The problem
Report the number of lines in the records below that contain the word "counts", and nothing more.

Material shown

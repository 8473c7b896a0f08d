//! Cases of one stream, tried by single calls of a merge over each kind of window, and by `run_merge`.
ghost use Rattle.std.specs.Prelude.{All, IsTrue};
ghost use Rattle.path_merge.specs.Run.{IsEventOf};

use super::bench::{Bench, slots_bench, sorted_bench};
use super::steps::{Sent, Step, step_of};
use super::words::{say_mark, says};
use path_merge::{
    Event, Mark, Path, SpecFault, Stream, StreamClock, StreamSpec, Window, run_merge,
};
use rtp_wire::Enc;
use std::alloc::Global;
use std::process::Abort;

/// A stream of L24 in one channel, of 6 sampling instants a packet, on two paths.
pub const STREAM: Stream = Stream {
    enc: Enc::L24,
    channels: 1,
    frames: 6,
    pt: 96,
    ssrc: None,
    clock: StreamClock::Media { offset: 0 },
    latency: 12,
    window: 8,
    paths: 2,
};

/// Returns the specification of a stream that has no fault.
pub fn spec_of(rt: &impl Abort, stream: Stream) -> StreamSpec {
    checked(stream).expect(rt, "a stream")
}

/// Returns the specification of a stream, or its fault.
fn checked(stream: Stream) -> Result<StreamSpec, SpecFault> {
    StreamSpec::of(stream)
}

/// The steps of a stream, and the expected fates, marks and counts, in the words of `steps` and `words`.
#[derive(Clone, Copy)]
pub struct Case {
    /// The claim that the case shows, as a failure reports it.
    pub shows: &'static str,
    pub stream: Stream,
    pub open_at: i64,
    pub steps: &'static str,
    pub fates: &'static str,
    pub marks: &'static str,
    pub counts: &'static str,
}

impl Case {
    /// Tries the case by single calls over each kind of window, and by `run_merge`.
    pub fn check(&self, rt: &impl Abort, alloc: Global) {
        self.check_calls(rt, alloc);
        let spec = spec_of(rt, self.stream);
        let events = events_of(rt, alloc, &spec, self.steps);
        let marks = marks_of(rt, alloc, spec, self.open_at, &events);
        self.has_marks(rt, spec, &marks);
    }

    /// Tries the case by single calls over each kind of window.
    pub fn check_calls(&self, rt: &impl Abort, alloc: Global) {
        let spec = spec_of(rt, self.stream);
        self.check_on(rt, &mut slots_bench(rt, alloc, spec, self.open_at));
        self.check_on(rt, &mut sorted_bench(rt, alloc, spec, self.open_at));
    }

    /// Tries the case on a bench.
    fn check_on<W: Window>(&self, rt: &impl Abort, bench: &mut Bench<W>) {
        bench.take_all(rt, self.steps);
        bench.has_fates(rt, self.fates, self.shows);
        says(rt, &bench.marks, self.marks, self.shows);
        bench.has_counts(rt, self.counts, self.shows);
    }

    /// Tests that the marks of a run are the case's.
    fn has_marks(&self, rt: &impl Abort, spec: StreamSpec, marks: &Vec<Mark>) {
        let mut text = String::new(*marks.allocator());
        for mark in marks {
            say_mark(rt, &spec, &mut text, mark);
        }
        says(rt, &text, self.marks, self.shows);
    }
}

/// Returns the marks of `run_merge` over these events.
fn marks_of(
    rt: &impl Abort,
    alloc: Global,
    spec: StreamSpec,
    open_at: i64,
    events: &[Event],
) -> Vec<Mark>
    requires { All (IsEventOf spec) events.now }
{
    // `run_merge` requires an opening time from 0 to 2^60. The cases have small ones.
    assert!(rt; 0 <= open_at && open_at <= 1_000_000);
    run_merge(alloc, spec, open_at, events).expect(
        rt,
        "the readings are in order, and there is memory",
    )
}

/// Returns true if all are events that the stream can have.
pub fn are_events_of(spec: &StreamSpec, events: &[Event]) -> bool
    ensures { IsTrue result → All (IsEventOf spec.now) events.now }
{
    events.iter().all(|event| match event {
        Event::Arrive(path, packet) => path.number() < spec.paths() && spec.fits(packet),
        Event::Tick(_) | Event::Close => true,
    })
}

/// Returns the events of the steps of a text.
pub fn events_of(rt: &impl Abort, alloc: Global, spec: &StreamSpec, steps: &str) -> Vec<Event>
    ensures { All (IsEventOf spec.now) result.items }
{
    let mut events = Vec::new(alloc);
    push_all(rt, spec, &mut events, steps);
    assert!(rt; are_events_of(spec, &events), "a stream's events");
    events
}

/// Appends the events of the steps of a text.
fn push_all(rt: &impl Abort, spec: &StreamSpec, events: &mut Vec<Event>, steps: &str) {
    for words in steps.split(',') {
        push_events(rt, spec, events, step_of(rt, words));
    }
}

/// Appends the events of a step.
fn push_events(rt: &impl Abort, spec: &StreamSpec, events: &mut Vec<Event>, step: Step) {
    match step {
        Step::On(path, first, times) => push_arrivals(rt, spec, events, path, first, times),
        Step::Tick(now) => push(rt, events, Event::Tick(now)),
        Step::Advance(_) => { panic!(rt; "a single call is no event") }
        Step::Close => push(rt, events, Event::Close),
    }
}

/// Appends an event.
fn push(rt: &impl Abort, events: &mut Vec<Event>, event: Event) {
    events.push(event).expect(rt, "there is memory");
}

/// Appends the arrivals of packets in sequence.
fn push_arrivals(
    rt: &impl Abort,
    spec: &StreamSpec,
    events: &mut Vec<Event>,
    path: Path,
    first: Sent,
    times: u16,
) {
    let mut sent = first;
    for _ in 0..times {
        push(rt, events, Event::Arrive(path, sent.packet(spec)));
        sent = sent.next();
    }
}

Answer section
3